** Problem details **
What is needed is each line of the data below that holds the string "counted".

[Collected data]
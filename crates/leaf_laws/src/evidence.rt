//! The laws of evidence. A function here does nothing: its contract is the law.
ghost use Rattle.std.specs.Prelude.{◌≡◌, ◌↔◌, ℕ, true, false, List, [], ◌∷◌, ◌++◌, Contains, Ok, Some};
ghost use Rattle.farm_types.specs.declared.stage.Stage.TheVariants.{Search};
ghost use Rattle.farm_entry.specs.Decision.{run_with};
ghost use Rattle.farm_entry.specs.History.{lease_of, opening_numbered, openings, report_in, runs, went_over};
ghost use Rattle.farm_entry.specs.Legal.{IsLegal};
ghost use Rattle.farm_entry.specs.Setup.{setup_of};
ghost use Rattle.farm_entry.specs.Standing.{standing};
ghost use Rattle.farm_entry.specs.declared.entry.Fate.TheVariants.{Late};
ghost use Rattle.farm_entry.specs.declared.standing.Standing.TheVariants.{NoCulprit, Searching};
ghost use Rattle.farm_laws.specs.Laws.{culprit_of};
ghost use Rattle.leaf_laws.specs.Judgements.{evidence_asks, judged_answer, judged_standing};
ghost use Rattle.leaf_laws.specs.Unseen.{HasEndedUnseen};
ghost use Rattle.judge.specs.Answer.{judged};
ghost use Rattle.judge.specs.Fates.{after_all, at_start, standing as judge_standing};
ghost use Rattle.judge.specs.Form.{inquiry};
ghost use Rattle.judge.specs.Text.{lines};
ghost use Rattle.judge.specs.declared.standing.JudgeStanding.TheVariants as judge;
ghost use Rattle.search_evidence.specs.Evidence.{evidence_of, evidence_text};
ghost use Rattle.search_evidence.specs.Written.{evidence_runs, is_evidence};

use farm_entry::{Entry, LeasedRun, Opening, ReportedRun};

/// The evidence of a search is in the form that judge reads. It asks for the search as it was opened, and for the runs
/// that are its evidence, numbered from 1.
pub fn evidence_is_in_judges_form()
    ensures { (H : List Entry) (o : Opening) → IsLegal H → Contains (openings H) o
        → inquiry (lines (evidence_of H o)) ≡ Ok (evidence_asks H o) }
{}

/// By the evidence of a search judge comes as far as the farm did: the same runs count, and it stands inconclusive
/// exactly where a report went over the budget. Its answer has the budget and the shares of the search's page, and for
/// each run the fate that the farm gave to its report.
pub fn evidence_is_judged_alike()
    ensures counted { (H : List Entry) (o : Opening) → IsLegal H → Contains (openings H) o
        → (after_all (setup_of o) at_start (evidence_asks H o).runs).counted ≡ runs H o.search }
    ensures over { (H : List Entry) (o : Opening) → IsLegal H → Contains (openings H) o
        → (after_all (setup_of o) at_start (evidence_asks H o).runs).over ≡ went_over H o.search }
    ensures standing { (H : List Entry) (o : Opening) → IsLegal H → Contains (openings H) o
        → judge_standing (setup_of o) (after_all (setup_of o) at_start (evidence_asks H o).runs)
        ≡ judged_standing H o }
    ensures answer { (H : List Entry) (o : Opening) → IsLegal H → Contains (openings H) o
        → judged (evidence_of H o) ≡ Ok (judged_answer H o) }
    ensures by_number { (H : List Entry) (search : ℕ) (text : List ℕ) → IsLegal H → evidence_text H search ≡ Some text
        → (o : Opening) × (opening_numbered H search ≡ Some o) × (judged text ≡ Ok (judged_answer H o)) }
{}

/// What a standing of the farm says of the belief, judge says of the evidence: which suspect is named, be it verified,
/// confirmed or vindicated by reruns; that there is no culprit; that it isn't known yet.
pub fn standings_are_judged_alike()
    ensures named { (H : List Entry) (o : Opening) (culprit : ℕ) → culprit_of (standing H o) ≡ Some culprit
        → judged_standing H o ≡ judge.Named culprit }
    ensures no_culprit { (H : List Entry) (o : Opening) → standing H o ≡ NoCulprit
        → judged_standing H o ≡ judge.NoCulprit }
    ensures searching { (H : List Entry) (o : Opening) → standing H o ≡ Searching
        → judged_standing H o ≡ judge.Searching }
{}

/// Each report of a run that is to find the culprit is evidence, unless the search had ended before in a way of which
/// its runs don't tell: it was cancelled, or skipped positions alone ended it. Behind such an end nothing more is
/// evidence, and what is left out came late in the farm.
pub fn reports_are_evidence_until_an_unseen_end()
    ensures written { (H : List Entry) (e : Entry) (o : Opening) (r : ReportedRun) (l : LeasedRun)
        → is_evidence H o ≡ true → report_in e.what ≡ Some r → lease_of H r.run ≡ Some l → l.search ≡ o.search
        → l.stage ≡ Search → evidence_runs (H ++ e ∷ []) o ≡ evidence_runs H o ++ run_with l r.verdict ∷ [] }
    ensures unseen_end { (H : List Entry) (o : Opening) → (is_evidence H o ≡ false) ↔ HasEndedUnseen H o }
    ensures left_out { (H K : List Entry) (o : Opening) → IsLegal (H ++ K) → Contains (openings H) o
        → is_evidence H o ≡ false → evidence_runs (H ++ K) o ≡ evidence_runs H o }
    ensures late { (H : List Entry) (e : Entry) (o : Opening) (r : ReportedRun) (l : LeasedRun)
        → IsLegal (H ++ e ∷ []) → Contains (openings H) o → is_evidence H o ≡ false → report_in e.what ≡ Some r
        → lease_of H r.run ≡ Some l → l.search ≡ o.search → l.stage ≡ Search → r.fate ≡ Late }
{}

** Answer to the problem **
    ensures counted { (H : List Entry) (o : Opening) → IsLegal H → Contains (openings H) o
        → (after_all (setup_of o) at_start (evidence_asks H o).runs).counted ≡ runs H o.search }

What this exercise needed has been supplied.